Perhaps it dispersed west from somewhere in SE Europe around the Carpathians in the period 5000-4000BC prior to the major steppe horizons. Huge cultures like TRB (c. 4000-3000BC) for example could easily have been in a position to transfer words for inventions like the wheel across chunks of Europe and the time gap (centuries rather than millenia) and geography gap between the spread of this culture and the invention of the wheel was not so great IMO that a borrowing like that would be obvious from lingusitics. Clearly the original Renfrew model of the very earliest farmers being IE does not seem to work but I am not so sure that the mid-late Neolithic cultures like TRB etc can be ruled out as IE speaking on the basis of vocab.
The simplest solution to me would be that the R1a eastward spread associated with the eastern IE languages is indeed a copper age one of c. 2700BC onwards but that the western IE languages split off and spread west before this and were not assocaited with steppe cultures. Trying to squeeze steppe solutions into western IE languages always looks tenious IMO. Of course this does all lead back to the question of what the ultimate common denomenator of both groups (Proto-IE) was if it was not steppes nomads. I still feel there is a strong possibility that PIE was related to non-steppe (but close to the western edge of the steppes) groups that had been brought into farming well before the Yamnaya horizon.
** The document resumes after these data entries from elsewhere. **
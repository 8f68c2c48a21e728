// Where the data of a channel is delivered: on the main thread, or on a worker once the page has asked for it. After
// Firefox's HttpChannelChild::RetargetDeliveryTo; the order of the refusals is this project's own.
#![tactic(auto)]

mod delivery;
mod view;

pub use delivery::Delivery;
pub use view::ChannelView;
I personally think the whole Bug-Dniester/Cuc-Type transition has something to do with R1b being brought into the farming zone with the Bug-Dniester group being the element most likely to have had R1b. Essentially they could be Bug-Dniester people gentically but who were transformed into a farming culture and spread west as a farming culture (with steppe influences) when the climatic decline that ruined C-Tryp and drove steppe elements west happened. Of course I realise that this moves the PIE world slightly west to the western edge of the steppes but I have never found the Uralic contact evidence anywhere near as clinching on a more easterly PIE homeland than it is often presented as - there are far too many unknowns.
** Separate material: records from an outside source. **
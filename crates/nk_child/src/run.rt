// Events are offered to the queue, and run: what the listener is shown of them is got ready first, since it may want memory.

ghost use Rattle.std.specs.Prelude.{◌≡◌, ◌<◌, ◌++◌, ◌∷◌, ◌≤◌, ◌+◌, ◌^◌, [], IfOk, length, true, Some};
ghost use Rattle.nk_base.specs.declared.status.Target.{Target};
ghost use Rattle.nk_base.specs.Queue.{IsTarget, is_busy, posted_to, forced_once};
ghost use Rattle.nk_base.specs.Status.{merged, kept_status};
ghost use Rattle.nk_plan.specs.Plan.{stop_trailers};
ghost use Rattle.nk_plan.specs.Child.{run_event, run_bytes, cancel_messages, offer_event};
ghost use Rattle.nk_plan.specs.declared.event.ChildEvent.TheVariants as event;
ghost use Rattle.nk_plan.specs.declared.journal.ChildEntry.TheVariants as entry;
ghost use Rattle.nk_child.specs.Events.{IsEventInRange};
ghost use Rattle.nk_child.specs.Shown.{with_shown, event_shown, event_sends, offer_shown};
ghost use Rattle.nk_child.specs.Views.{HasRoom, Leaves};

use crate::queued::Queued;
use crate::work::Work;
use nk_base::{Entry, Fields, Memory, Out, Piece, Status, Target, UpMsg};
use nk_plan::{ChildEntry, ChildEvent, Hop};
use nk_queue::Offer;

impl Work {
    /// The trailers that a stop with this status carries.
    fn trailers(&self, status: Status) -> Result<Fields, Memory>
        ensures { IfOk result (λ r. r ≡ stop_trailers self.now.plan self.now.state.hop status) }
    {
        if status.is_failure() || self.hop >= self.plan.hops.len() {
            return Ok(Fields::new(self.alloc));
        }
        match self.plan.hops.get(self.hop) {
            Hop::Response { trailers, .. } => trailers.share(),
            _ => Ok(Fields::new(self.alloc)),
        }
    }

    /// The status that is kept once this one has come.
    fn status_with(&self, status: Status) -> Status
        ensures { result ≡ kept_status (merged self.now.state.kept status) }
    {
        match self.first.kept() {
            Some(kept) => kept,
            None => {
                if status.is_failure() {
                    status
                } else {
                    Status::OK
                }
            }
        }
    }

    /// What the listener is shown of an event that runs.
    pub(crate) fn shown(&self, e: &ChildEvent) -> Result<Option<Entry>, Memory>
        ensures { IfOk result (λ r. r ≡ event_shown self.now.plan self.now.state.hop self.now.state.kept e.now) }
    {
        match e {
            ChildEvent::Start { code, status } => {
                let status = self.status_with(*status);
                Ok(Some(Entry::Start {
                    code: *code,
                    status,
                }))
            }
            ChildEvent::Bytes {
                offset,
                piece,
                status,
            } => {
                if self.has_failed() || status.is_failure() {
                    return Ok(None);
                }
                let piece = piece.share()?;
                Ok(Some(Entry::Bytes {
                    offset: *offset,
                    piece,
                }))
            }
            ChildEvent::Stop { status } => {
                let status = self.status_with(*status);
                let trailers = self.trailers(status)?;
                Ok(Some(Entry::Stop { status, trailers }))
            }
            _ => Ok(None),
        }
    }

    /// Runs an event on a target, once what it shows is ready.
    pub(crate) fn run(&mut self, t: Target, e: ChildEvent, shown: Option<Entry>)
        requires here { IsTarget t }
        requires in_range { IsEventInRange e }
        requires room { HasRoom 1 1 self.old.rooms }
        requires shown { shown ≡ event_shown self.old.plan self.old.state.hop self.old.state.kept e }
        requires forced { self.old.state.queue.forced < 2 ^ 62 }
        requires begun { self.old.state.data_begun < 2 ^ 62 }
        requires hop { self.old.state.hop < 2 ^ 62 }
        ensures ok { Leaves 1 1 self.old self.new (run_event self.old.plan t e self.old.state) }
        ensures trace { self.new.state.trace ≡ with_shown self.old.state.trace shown }
        ensures sent { self.new.state.sent ≡ self.old.state.sent ++ event_sends self.old.state.kept e }
    {
        self.show(shown);
        match e {
            ChildEvent::Start { code, status } => self.run_start(t, code, status),
            ChildEvent::Bytes {
                offset,
                piece,
                status,
            } => self.run_bytes(t, offset, piece, status),
            ChildEvent::Stop { status } => self.run_stop(t, status),
            ChildEvent::Redirect1 { hop } => {
                self.question.begin(hop);
                self.note(ChildEntry::RunRedirect1 { target: t, hop });
            }
            ChildEvent::Redirect3 { hop } => {
                self.hop += 1;
                self.note(ChildEntry::RunRedirect3 { target: t, hop });
            }
            ChildEvent::Cancel { status } => self.run_cancel(t, status),
        }
    }

    /// The callback of this event runs, and until it returns events are queued by force.
    fn occupy(&mut self, t: Target, e: ChildEvent)
        requires here { IsTarget t }
        requires forced { self.old.state.queue.forced < 2 ^ 62 }
        ensures { self.new ≡ record self.old {
          state = record self.old.state {
            queue = forced_once self.old.state.queue;
            running = Some (t, e);
          };
        } }
    {
        self.queue.start_forced();
        self.running = Some((t, e));
    }

    /// The start callback begins.
    fn run_start(&mut self, t: Target, code: u16, status: Status)
        requires here { IsTarget t }
        requires room { HasRoom 1 0 self.old.rooms }
        requires forced { self.old.state.queue.forced < 2 ^ 62 }
        ensures { Leaves 1 0 self.old self.new (record self.old.state {
          kept = merged self.old.state.kept status;
          queue = forced_once self.old.state.queue;
          running = Some (t, event.Start code status);
          journal = self.old.state.journal ++ entry.RunStart t code (kept_status (merged self.old.state.kept status)) ∷ [];
        }) }
    {
        self.merge(status);
        self.occupy(t, ChildEvent::Start { code, status });
        let status = self.status();
        self.note(ChildEntry::RunStart {
            target: t,
            code,
            status,
        });
    }

    /// A data callback begins, or its piece is dropped where a failure is kept.
    fn run_bytes(&mut self, t: Target, offset: u64, piece: Piece, status: Status)
        requires here { IsTarget t }
        requires room { HasRoom 1 0 self.old.rooms }
        requires begun { self.old.state.data_begun < 2 ^ 62 }
        ensures { Leaves 1 0 self.old self.new (record
            (run_bytes self.old.state t offset piece (merged self.old.state.kept status) status)
            { trace = self.old.state.trace }) }
    {
        self.merge(status);
        if let Some(status) = self.first.kept() {
            self.note(ChildEntry::RunDrop {
                target: t,
                offset,
                status,
            });
            return;
        }
        self.data_begun += 1;
        let length = piece.size();
        self.running = Some((
            t,
            ChildEvent::Bytes {
                offset,
                piece,
                status,
            },
        ));
        self.note(ChildEntry::RunBytes {
            target: t,
            offset,
            length,
        });
    }

    /// The stop callback begins.
    fn run_stop(&mut self, t: Target, status: Status)
        requires here { IsTarget t }
        requires room { HasRoom 1 0 self.old.rooms }
        requires forced { self.old.state.queue.forced < 2 ^ 62 }
        ensures { Leaves 1 0 self.old self.new (record self.old.state {
          kept = merged self.old.state.kept status;
          stopped = true;
          queue = forced_once self.old.state.queue;
          running = Some (t, event.Stop status);
          journal = self.old.state.journal ++ entry.RunStop t (kept_status (merged self.old.state.kept status)) ∷ [];
        }) }
    {
        self.merge(status);
        self.stopped = true;
        self.occupy(t, ChildEvent::Stop { status });
        let status = self.status();
        self.note(ChildEntry::RunStop { target: t, status });
    }

    /// A cancel that a worker's listener brought about comes to its turn.
    fn run_cancel(&mut self, t: Target, status: Status)
        requires room { HasRoom 1 0 self.old.rooms }
        ensures { Leaves 1 0 self.old self.new (record self.old.state {
          kept = merged self.old.state.kept status;
          sent = self.old.state.sent ++ cancel_messages self.old.state.kept status;
          journal = self.old.state.journal ++ entry.RunCancel t status ∷ [];
        }) }
    {
        self.send_first(status);
        self.merge(status);
        self.note(ChildEntry::RunCancel { target: t, status });
    }

    /// Enters a cancel as sent, where no failure is kept.
    fn send_first(&mut self, status: Status)
        requires room { HasRoom 1 0 self.old.rooms }
        ensures state { self.new ≡ record self.old {
          state = record self.old.state { sent = self.old.state.sent ++ cancel_messages self.old.state.kept status };
          rooms = record self.old.rooms { sent = self.new.rooms.sent };
        } }
        ensures room { self.old.rooms.sent ≤ self.new.rooms.sent + 1 }
    {
        if !self.has_failed() {
            self.sent.push(UpMsg::Cancel { status });
        }
    }

    /// Gets ready what the listener is shown of an event that runs next: an equal entry is staged.
    pub(crate) fn stage_shown<D: Out<Entry>>(
        &self,
        e: &Queued,
        delivery: &mut D,
    ) -> Result<Option<Entry>, Memory>
        requires room { 0 < D.room delivery.old }
        ensures shown { IfOk result (λ r. r ≡ event_shown self.now.plan self.now.state.hop self.now.state.kept e.now) }
        ensures staged { IfOk result (λ r. D.staged delivery.new ≡ with_shown (D.staged delivery.old) r) }
        ensures held { D.held delivery.new ≡ D.held delivery.old }
        ensures room { D.room delivery.new + length (D.staged delivery.new) ≡ D.room delivery.old + length (D.staged delivery.old) }
    {
        let Some(entry) = self.shown(e.get())? else {
            return Ok(None);
        };
        let copy = entry.share()?;
        delivery.stage(copy)?;
        Ok(Some(entry))
    }

    /// Gets ready what the listener is shown of an event that is offered from here, if it runs at once.
    pub(crate) fn ready<D: Out<Entry>>(
        &self,
        here: Target,
        e: &Queued,
        delivery: &mut D,
    ) -> Result<Option<Entry>, Memory>
        requires room { 0 < D.room delivery.old }
        ensures shown { IfOk result (λ r. r ≡ offer_shown self.now.plan self.now.state.hop self.now.state.kept self.now.state.queue here e.now) }
        ensures staged { IfOk result (λ r. D.staged delivery.new ≡ with_shown (D.staged delivery.old) r) }
        ensures held { D.held delivery.new ≡ D.held delivery.old }
        ensures room { D.room delivery.new + length (D.staged delivery.new) ≡ D.room delivery.old + length (D.staged delivery.old) }
    {
        if !self.queue.runs_now(e, here) {
            return Ok(None);
        }
        self.stage_shown(e, delivery)
    }

    /// Offers an event from here, and runs it where the queue says so.
    #[tactic(auto, using(crate::proofs::Gains::nothing_behind))]
    pub(crate) fn offer(&mut self, here: Target, e: Queued, shown: Option<Entry>)
        requires here { IsTarget here }
        requires room { HasRoom 1 1 self.old.rooms }
        requires shown { shown ≡ offer_shown self.old.plan self.old.state.hop self.old.state.kept self.old.state.queue here e }
        requires posted { (t : Target) → posted_to self.old.state.queue t < 2 ^ 62 }
        requires begun { self.old.state.data_begun < 2 ^ 62 }
        requires hop { self.old.state.hop < 2 ^ 62 }
        requires quiet { event_sends self.old.state.kept e ≡ [] }
        ensures ok { Leaves 1 1 self.old self.new (offer_event self.old.plan here e self.old.state) }
        ensures trace { self.new.state.trace ≡ with_shown self.old.state.trace shown }
        ensures sent { self.new.state.sent ≡ self.old.state.sent }
        ensures busy { is_busy self.new.state.queue ≡ true }
    {
        match self.queue.offer(e, here) {
            Offer::RunNow(e) => self.run(here, e.into_event(), shown),
            Offer::Queued => {}
            Offer::Posted(_) => {}
        }
    }

    /// Offers an event that has to wait behind another.
    pub(crate) fn offer_next(&mut self, here: Target, e: Queued)
        requires here { IsTarget here }
        requires room { HasRoom 0 1 self.old.rooms }
        requires busy { is_busy self.old.state.queue ≡ true }
        ensures ok { Leaves 0 1 self.old self.new (offer_event self.old.plan here e self.old.state) }
        ensures trace { self.new.state.trace ≡ self.old.state.trace }
        ensures sent { self.new.state.sent ≡ self.old.state.sent }
    {
        let _ = self.queue.offer(e, here);
    }
}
So returning to the map, I dont believe R1a and R1b were in hugely contrasting locations in say 4000BC. Perhaps R1b was among the Bug Dniester people who were absorbed into farming by the Cuc-Tryp group while R1a was east-adjacent. I dont buy the whole idea that R1b was in the early farming zone of Anatolia and the middle east until much before 4000BC. It is important to remember that there is no such thing as an archiac branch, just the modern tail end of different branches of equal ultimate age. Also, remember that the area north of the Black Sea has had incredibly population change in even the last few centuries and many different groups dominated this area in the last 3000 years, not to mention the late Slavic expansions etc. So, this crucial area is essentially of no use in using modern populations as proxys for 5000 years ago.